//! Operators and intrinsic functions of resolved programs.

use core_prog::{FaultCode, Intrinsic, Site};
use ftn_base::Bytes;
use ftn_interp::{Halt, binary, intrinsic, unary};
use ftn_tree::{Operator, Value};
use std::alloc::Global;

/// A token of the first file.
fn site() -> Site {
    Site { file: 0, token: 7 }
}

fn text(alloc: Global, bytes: &[u8]) -> Option<Value> {
    Some(Value::Chars(Bytes::from_slice(alloc, bytes).ok()?))
}

fn is_text(made: Result<Value, Halt>, wanted: &[u8]) -> bool {
    match made {
        Ok(Value::Chars(bytes)) => bytes.bytes() == wanted,
        _ => false,
    }
}

/// Two texts joined, and two that differ in blanks at the end alone.
fn texts(alloc: Global) -> Option<bool> {
    let ab = text(alloc, b"ab")?;
    let joined = binary(site(), Operator::Concat, ab, text(alloc, b" c")?);
    let longer = text(alloc, b"ab  ")?;
    let same = binary(site(), Operator::Eq, longer, text(alloc, b"ab")?);
    Some(is_text(joined, b"ab c") && matches!(same, Ok(Value::Truth(true))))
}

/// Numbers, a number past 32 bits, and an operator that takes no numbers.
fn numbers() -> bool {
    let power = binary(site(), Operator::Power, Value::Whole(-2), Value::Whole(31));
    let past = unary(site(), Operator::Minus, Value::Whole(i32::MIN));
    let denied = unary(site(), Operator::Not, Value::Whole(1));
    let overflow = matches!(
        past,
        Err(Halt::Faulted(FaultCode::Overflow, Site { file: 0, token: 7 }))
    );
    matches!(power, Ok(Value::Whole(i32::MIN))) && overflow && matches!(denied, Err(Halt::Cut))
}

/// TRIM and CHAR, which give texts of their own.
fn functions(alloc: Global) -> Option<bool> {
    let trimmed = intrinsic(alloc, site(), Intrinsic::Trim, &[text(alloc, b" a  ")?]);
    let made = intrinsic(alloc, site(), Intrinsic::Char, &[Value::Whole(255)]);
    let past = intrinsic(alloc, site(), Intrinsic::Char, &[Value::Whole(256)]);
    let range = matches!(past, Err(Halt::Faulted(FaultCode::Range, _)));
    Some(is_text(trimmed, b" a") && is_text(made, b"\xff") && range)
}

#[test]
fn operations_have_values(rt: HostRuntime) {
    assert!(rt; texts(rt.alloc()) == Some(true));
    assert!(rt; numbers());
    assert!(rt; functions(rt.alloc()) == Some(true));
}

_EXERCISE REQUIREMENTS_: Retype each entry exactly, missing none.

_RESPONSE TO THE EXERCISE_:
//! Operators and intrinsic functions of resolved programs.

use core_prog::{FaultCode, Intrinsic, Site};
use ftn_base::Bytes;
use ftn_interp::{Halt, binary, intrinsic, unary};
use ftn_tree::{Operator, Value};
use std::alloc::Global;

/// A token of the first file.
fn site() -> Site {
    Site { file: 0, token: 7 }
}

fn text(alloc: Global, bytes: &[u8]) -> Option<Value> {
    Some(Value::Chars(Bytes::from_slice(alloc, bytes).ok()?))
}

fn is_text(made: Result<Value, Halt>, wanted: &[u8]) -> bool {
    match made {
        Ok(Value::Chars(bytes)) => bytes.bytes() == wanted,
        _ => false,
    }
}

/// Two texts joined, and two that differ in blanks at the end alone.
fn texts(alloc: Global) -> Option<bool> {
    let ab = text(alloc, b"ab")?;
    let joined = binary(site(), Operator::Concat, ab, text(alloc, b" c")?);
    let longer = text(alloc, b"ab  ")?;
    let same = binary(site(), Operator::Eq, longer, text(alloc, b"ab")?);
    Some(is_text(joined, b"ab c") && matches!(same, Ok(Value::Truth(true))))
}

/// Numbers, a number past 32 bits, and an operator that takes no numbers.
fn numbers() -> bool {
    let power = binary(site(), Operator::Power, Value::Whole(-2), Value::Whole(31));
    let past = unary(site(), Operator::Minus, Value::Whole(i32::MIN));
    let denied = unary(site(), Operator::Not, Value::Whole(1));
    let overflow = matches!(
        past,
        Err(Halt::Faulted(FaultCode::Overflow, Site { file: 0, token: 7 }))
    );
    matches!(power, Ok(Value::Whole(i32::MIN))) && overflow && matches!(denied, Err(Halt::Cut))
}

/// TRIM and CHAR, which give texts of their own.
fn functions(alloc: Global) -> Option<bool> {
    let trimmed = intrinsic(alloc, site(), Intrinsic::Trim, &[text(alloc, b" a  ")?]);
    let made = intrinsic(alloc, site(), Intrinsic::Char, &[Value::Whole(255)]);
    let past = intrinsic(alloc, site(), Intrinsic::Char, &[Value::Whole(256)]);
    let range = matches!(past, Err(Halt::Faulted(FaultCode::Range, _)));
    Some(is_text(trimmed, b" a") && is_text(made, b"\xff") && range)
}

#[test]
fn operations_have_values(rt: HostRuntime) {
    assert!(rt; texts(rt.alloc()) == Some(true));
    assert!(rt; numbers());
    assert!(rt; functions(rt.alloc()) == Some(true));
}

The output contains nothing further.